Заметим, что эти рассказы повторяются не раз – может быть не с прежней восторженностью. Так, 3 января 1942 г. Е. Мухина вновь мечтает о светлой и сытной жизни после снятия блокады – на этот раз вместе с матерью (она умрет от голода через несколько недель): «Мы решили, что обязательно нажарим много, много свиных шкварок и будем в горячее сало прямо макать хлеб и еще мы решили побольше кушать лука. Питаться самыми дешевыми кашами, заправленными обильным количеством жареного лука, такого румяного, сочного, пропитанного маслом. Еще мы решили печь овсяные, перловые, ячневые, чечевичные блины и многое, многое другое» [1629] .
1629
Мухина Е. Дневник. 3 января 1942 г.: ЦГАИПД СПб. Ф. 4000. Оп. 11. Д. 72. Л. 72 об.
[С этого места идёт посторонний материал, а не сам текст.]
//! Versions, and lists of directives. (`tests/scripts/rows` has names, directives that are refused, and tags as they are divided.)
mod spelled;

use super::{directives, equal};
use std::alloc::{Allocator, Global};
use std::process::Abort;
use yaml_base::{yaml_error_t, yaml_tag_directive_t, yaml_version_directive_t};
use yaml_mark::*;
use yaml_test_allocator::Refusing;

/// Returns a directive, by its line in a script.
fn directive(rt: &impl Abort, alloc: Global, line: &str) -> yaml_tag_directive_t<Global> {
    let mut given = directives(rt, alloc, line);
    given.pop().expect(rt, "a directive")
}

// Adds the directives of a line.
fn append_all(rt: &impl Abort, alloc: Global, added: &mut Directives<Global>, line: &str) {
    for given in &directives(rt, alloc, line) {
        equal(rt, &added.append(given, false), &Ok(()));
    }
}

// These are in force, in their order.
fn check_all<A: Allocator>(
    rt: &impl Abort,
    directives: &Directives<A>,
    wanted: &[yaml_tag_directive_t<A>],
) {
    equal(rt, &directives.len(), &wanted.len());
    for number in 0..wanted.len().saturating_add(1) {
        equal(rt, &directives.get(number), &wanted.get(number));
    }
}

type Answer = Result<(), yaml_error_t>;

/// A major and a minor version, and the result of their check.
type Version = (i32, i32, Answer);

const OTHER: Answer = Err(yaml_error_t::IncompatibleVersion);

const VERSIONS: &[Version] = &[
    (1, 1, Ok(())),
    (1, 2, Ok(())),
    (1, 0, OTHER),
    (1, 3, OTHER),
    (2, 1, OTHER),
    (-1, 1, OTHER),
];

#[test]
fn versions_are_1_1_and_1_2(rt: HostRuntime) {
    for (major, minor, answer) in VERSIONS {
        let version = yaml_version_directive_t {
            major: *major,
            minor: *minor,
        };
        equal(&rt, &analyze_version(version), answer);
    }
}

/// A directive's line, and whether it is a default; the result of adding it, and how many are then in force.
type Given<'a> = (&'a str, bool, Answer, usize);

// Directives are added, and so many are in force after each.
fn check_given(rt: &impl Abort, alloc: Global, added: &mut Directives<Global>, rows: &[Given]) {
    for row in rows {
        let given = directive(rt, alloc, row.0);
        let answer = added.append(&given, row.1);
        drop(given);
        equal(rt, &(row.0, row.1, answer, added.len()), row);
    }
}

// In force are those of the start of a document.
fn check_start(rt: &impl Abort, alloc: Global, added: &Directives<Global>, start: &str) {
    check_all(rt, added, directives(rt, alloc, start).as_slice());
}

// All are dropped, and then one is given alone.
fn check_alone(rt: &impl Abort, alloc: Global, added: &mut Directives<Global>, line: &str) {
    added.clear();
    check_given(rt, alloc, added, &[(line, false, Ok(()), 1)]);
    check_start(rt, alloc, added, line);
}

const TWICE: Answer = Err(yaml_error_t::DuplicateDirective);

/// Two directives with one handle, one with another.
const GIVEN: &[Given] = &[
    (r#"+DOC 1 - "!!" "a""#, false, Ok(()), 1),
    (r#"+DOC 1 - "!!" "b""#, false, TWICE, 1),
    (r#"+DOC 1 - "!!" "b""#, true, Ok(()), 1),
    (r#"+DOC 1 - "!" "c""#, true, Ok(()), 2),
];

const IN_FORCE: &str = r#"+DOC 1 - "!!" "a" "!" "c""#;

const SECOND: &str = r#"+DOC 1 - "!!" "b""#;

// All are dropped, and then the second is given alone.
#[test]
fn a_handle_is_given_once(rt: HostRuntime) {
    let alloc = rt.alloc();
    let mut added = Directives::new(alloc);
    check_given(&rt, alloc, &mut added, GIVEN);
    check_start(&rt, alloc, &added, IN_FORCE);
    check_alone(&rt, alloc, &mut added, SECOND);
    drop(added);
}

/// More directives than are compared one after another. Prefixes begin prefixes before and after them, and one is given twice.
const MANY: &str =
    r#"+DOC 1 - "!0!" "n:0" "!1!" "v:a" "!2!" "v:ab" "!3!" "n:3" "!4!" "n:4" "!5!" "w:ab" "!6!" "n:6" "!7!" "n:7" "!8!" "t:a" "!9!" "t:ab:" "!10!" "u:ab:" "!11!" "u:a" "!12!" "t:a" "!13!" "v:abc" "!14!" "w:a" "!15!" "x:ab" "!16!" "x:\u{E9}""#;

/// Handles of the many, and one that isn't among them, and how many are then in force.
const GIVEN_AGAIN: &[Given] = &[
    (r#"+DOC 1 - "!0!" "a""#, false, TWICE, 17),
    (r#"+DOC 1 - "!8!" "a""#, false, TWICE, 17),
    (r#"+DOC 1 - "!16!" "a""#, true, Ok(()), 17),
    (r#"+DOC 1 - "!17!" "t:a""#, false, Ok(()), 18),
    (r#"+DOC 1 - "!17!" "b""#, false, TWICE, 18),
];

// All are dropped, and then one of the many is given alone.
#[test]
fn a_handle_is_given_once_among_many(rt: HostRuntime) {
    let alloc = rt.alloc();
    let mut added = Directives::new(alloc);
    append_all(&rt, alloc, &mut added, MANY);
    check_given(&rt, alloc, &mut added, GIVEN_AGAIN);
    check_alone(&rt, alloc, &mut added, r#"+DOC 1 - "!8!" "t:a""#);
    drop(added);
}

type Heap = Refusing<Global>;

// Adds a directive. If an allocation fails, the result is `Memory` and the list is as before; the directive is then added again.
fn check_added<A: Allocator + Copy>(
    rt: &impl Abort,
    heap: &Heap,
    directives: &mut Directives<A>,
    given: &yaml_tag_directive_t<A>,
) {
    let (before, left) = (directives.len(), heap.left());
    let mut answer = directives.append(given, false);
    if left != 0 && heap.left() == 0 {
        let refused = (Err(yaml_error_t::Memory), before);
        equal(rt, &(answer, directives.len()), &refused);
        answer = directives.append(given, false);
    }
    equal(rt, &answer, &Ok(()));
}

/// The last two are more than are compared one after another.
const ADDED: &str =
    r#"+DOC 1 - "!first!" "p" "!second-of-them!" "tag:a-long-prefix.example,2000:" "!3!" "q" "!4!" "r" "!5!" "s" "!6!" "t" "!7!" "u" "!8!" "v" "!9!" "w" "!10!" "xx""#;

// Directives are added with this growth refused.
fn add_refused<A: Allocator + Copy>(
    rt: &impl Abort,
    heap: &Heap,
    added: &mut Directives<A>,
    given: &[yaml_tag_directive_t<A>],
    number: usize,
) {
    heap.refuse(number);
    for directive in given {
        check_added(rt, heap, added, directive);
    }
    check_all(rt, added, given);
}

fn make_and_add<A: Allocator + Copy>(rt: &impl Abort, heap: &Heap, alloc: A, number: usize) {
    let given = directives(rt, alloc, ADDED);
    let mut added = Directives::new(alloc);
    add_refused(rt, heap, &mut added, given.as_slice(), number);
    drop(added);
}

// Answers whether there is that growth.
fn is_refused(rt: &impl Abort, alloc: Global, number: usize) -> bool {
    let heap = Refusing::new(alloc);
    make_and_add(rt, &heap, &heap, number);
    heap.left() == 0
}

// The first growth is refused, the second, and so on, until none is. Each directive takes one for its handle and one for its prefix,
// and past the eighth one more for each.
#[test]
fn refused_growths_change_nothing(rt: HostRuntime) {
    for number in 1..usize::MAX {
        if !is_refused(&rt, rt.alloc(), number) {
            equal(&rt, &(number > 24), &true);
            return;
        }
    }
}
«Довлеет дневи злоба его». Теперь, после нескольких недель непрекращающейся голодовки, отмечаются даже не изысканные яства (впрочем, и в предыдущей «гастрономической» записи таких не очень много), а то, что едят каждый день, дешевые, «простые» каши. Ими можно легче «заместить» недостающее – они более осязаемы в блокадной повседневности. Доминанта остается прежней – обилие еды, но не той, разнообразной, из далекой прошлой жизни, а еды, ставшей обычной, именно той, которую сейчас постоянно делят, и чью нехватку ощущали вчера, ощущают сегодня и будут ощущать завтра. «После победы обязательно сварим чечевичной каши и наедимся», – мечтали мать с дочерью, получавшие от родственницы, работавшей в госпитале, кусочки этой каши в банке [1630] . Ничего другого, более вкусного, у них не было – только это, которое они ждали с нетерпением и которое неизбежно стало главным блюдом на будущих «пиршествах» [1631] .
1630
Вотинцева В. Г. 1941–1942 год.: ОР РНБ. Ф. 1273. Л. 2.
1631
См. запись в дневнике Т. К. Великотной: «Папа все время мечтало каше из любой крупы. Он говорил мне каждую ночь, что перед уходом на работу заведем обычай есть кашу» (Великотная Т. К. Дневник нашей печальной жизни в 1942 г. С. 86).
Трудно сказать, все ли разговоры о будущем ограничивались только едой – свидетельств очень мало. Как правило, блокадники описывали детали ожидаемого послевоенного бытия более скупо и менее эмоционально – иногда одной-двумя строчками [1632] . Дневник Е. Мухиной в этом отношении все-таки уникален. Воспользуемся им еще раз, чтобы отметить своеобразие тех картин лучшей жизни, которые рисовались в воображении людей «смертного времени».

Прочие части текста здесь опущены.